Sounds good, but often it's actually cheaper to buy all the tickets individually for saver fares, rather than travel with Eurail. Eurail is the more convenient option though, as you don't have to buy individual tickets and are not bound to a certain train.

You can book both Vienna to Prague on 26 December and Prague to Berlin on 28 December on cd.cz for 368 CZK (= 15 EUR), I wouldn't waste my Eurail on either of those trips.


----------



## Roy_Batty (Dec 15, 2009)

Thanks for the quick reply!

Nice to know EUrail could do the job for all Treintialia, ÖBB (including Nightjet), CD and DB, yet it seems the most economic option would be buying tickets directly from the operators.

Is there any advantage in using EUrail? You mentioned flexibility, though I do not get it completely. In any case I have to do reservations.


----------



## Stuu (Feb 7, 2007)

Roy_Batty said:


> Thanks for the quick reply!
> 
> Nice to know EUrail could do the job for all Treintialia, ÖBB (including Nightjet), CD and DB, yet it seems the most economic option would be buying tickets directly from the operators.
> 
> Is there any advantage in using EUrail? You mentioned flexibility, though I do not get it completely. In any case I have to do reservations.


I don't see any advantage in EUrail, especially if you know now the dates you will be travelling. Those dates will be very busy so you will need reservations, so it would make more sense to book those as soon as you can. The advance tickets should go on sale in a week or two, it's usually 12 weeks ahead. Right now advance tickets for Rome-Florence are €20 or so each with italo, and Florence-Venice is the same. 

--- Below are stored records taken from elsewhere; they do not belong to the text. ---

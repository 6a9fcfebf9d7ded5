//! Rules with what they are made of.
ghost use Rattle.std.specs.Prelude.{◌≡◌};

use cv_io::{Duplicate, Leaf, List, Memory};
use policy_meaning::Rule;
use rule_ancestry::Filed;
use std::alloc::Global;

/// What a rule is made of: a leaf of a member, or a rule of an operand of the node, by its id there.
#[derive(Clone, Copy, PartialEq, Eq, PartialOrd, Ord, Debug)]
pub enum Origin {
    Leaf(Leaf),
    Rule { operand: u32, id: usize },
}

impl Duplicate for Origin {
    fn copy(&self) -> Result<Origin, Memory> {
        Ok(*self)
    }

    fn copies(alloc: Global, items: &[Origin]) -> Result<List<Origin>, Memory> {
        List::from_slice(alloc, items)
    }
}

/// A rule of a node, which is found by its origins.
#[derive(Debug, Drop)]
pub struct Made {
    pub rule: Rule,
    pub origins: List<Origin>,
}

impl Duplicate for Made {
    fn copy(&self) -> Result<Made, Memory> {
        Ok(Made {
            rule: self.rule.copy()?,
            origins: self.origins.copy()?,
        })
    }
}

impl Filed for Made {
    type Name = Origin;

    ghost borne = { λ made. made.origins };

    fn names(&self) -> &[Origin] {
        self.origins.as_slice()
    }
}
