//! Rules that are held, as a change looks at them.
ghost use Rattle.std.specs.Prelude.{◌≡◌, ◌++◌, IfOk, IsPermutation, List, OnOk, map, option_map, option_to_list};
ghost use Rattle.rule_ancestry.specs.Holding.{Held, id_of, item_at};
ghost use Rattle.made_rules.specs.Rules.{rule_under, rules_in};
ghost use Rattle.made_rules.specs.declared.made.Made.{Made};

use crate::made::Made;
use cv_io::Memory;
use policy_meaning::Rule;
use rule_ancestry::Store;
use std::alloc::Global;
use std::marker::Model;

/// A rule that is held, and its id.
#[derive(Drop)]
pub struct Old<'a> {
    pub id: usize,
    pub rule: &'a Rule,
}

impl<'a> Model for Old<'a> {
    ghost use Rattle.rule_ancestry.specs.Holding.{Held};
    ghost use Rattle.policy_meaning.specs.declared.rule.Rule.{Rule};

    ghost Value = { Held Rule };

    ghost view = { λ old. record { id = old.id; item = old.rule.now } };
}

/// The rule of an id.
fn old_at<'a>(store: &'a Store<Made>, id: usize) -> Option<Old<'a>>
    ensures { result ≡ option_map (rule_under id) (item_at store.now id) }
{
    match store.get(id) {
        Some(made) => Some(Old {
            id,
            rule: &made.rule,
        }),
        None => None,
    }
}

/// Appends a rule, if there is one.
fn push_old<'a>(olds: &mut Vec<Old<'a>>, old: Option<Old<'a>>) -> Result<(), Memory>
    ensures { OnOk result (olds.new.items ≡ olds.old.items ++ option_to_list old.entry) }
{
    if let Some(old) = old {
        olds.push(old)?;
    }
    Ok(())
}

/// The rules of these ids.
pub fn olds<'a>(
    alloc: Global,
    store: &'a Store<Made>,
    ids: &[usize],
) -> Result<Vec<Old<'a>>, Memory>
    ensures { (items rest : List (Held Made)) → map id_of items ≡ ids.now → IsPermutation store.now (items ++ rest)
        → IfOk result (λ olds. olds.items ≡ rules_in items) }
{
    // That no two are held under one id.
    let _count = store.len();
    let mut olds = Vec::with_capacity(alloc, ids.len())?;
    for id in ids {
        push_old(&mut olds, old_at(store, *id))?;
    }
    Ok(olds)
}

I haven't looked at the other sectors but I would be surprised if there is any advantage to the EUrail ticket when you know the dates and the trains will be very busy


----------



## kokomo (Sep 29, 2009)

Hi!

I made my first backpacker trip to Europe more than 20 years ago, when Schengen was just starting and in almost three months I squeezed the juice out of my unlimited YouthPass. In those days you did not have Apps nor Internet on your phone to check timetables and availability and you relied on getting to the train station and hopping on (or, if it was a highly demanded line making a booking before). With that scheme I traveled from Madrid to Helsinki and then to Athens. It was the trip of my life

However, several years later (now with family) I decided to do something similar and bought a Saver Pass and I ended up paying a lot more because High Speed Services required a compulsory reservation and after the trip I found out that these extra costs made a loss vs buying individual tickets. Yes, you lose flexibility but you save money. 

So now, every time I go to Europe (last trip was in July) I buy in advance long distance legs of my journey (which allow me to get fares as low as €19 Rome-Florence) and the rest I buy them while there. 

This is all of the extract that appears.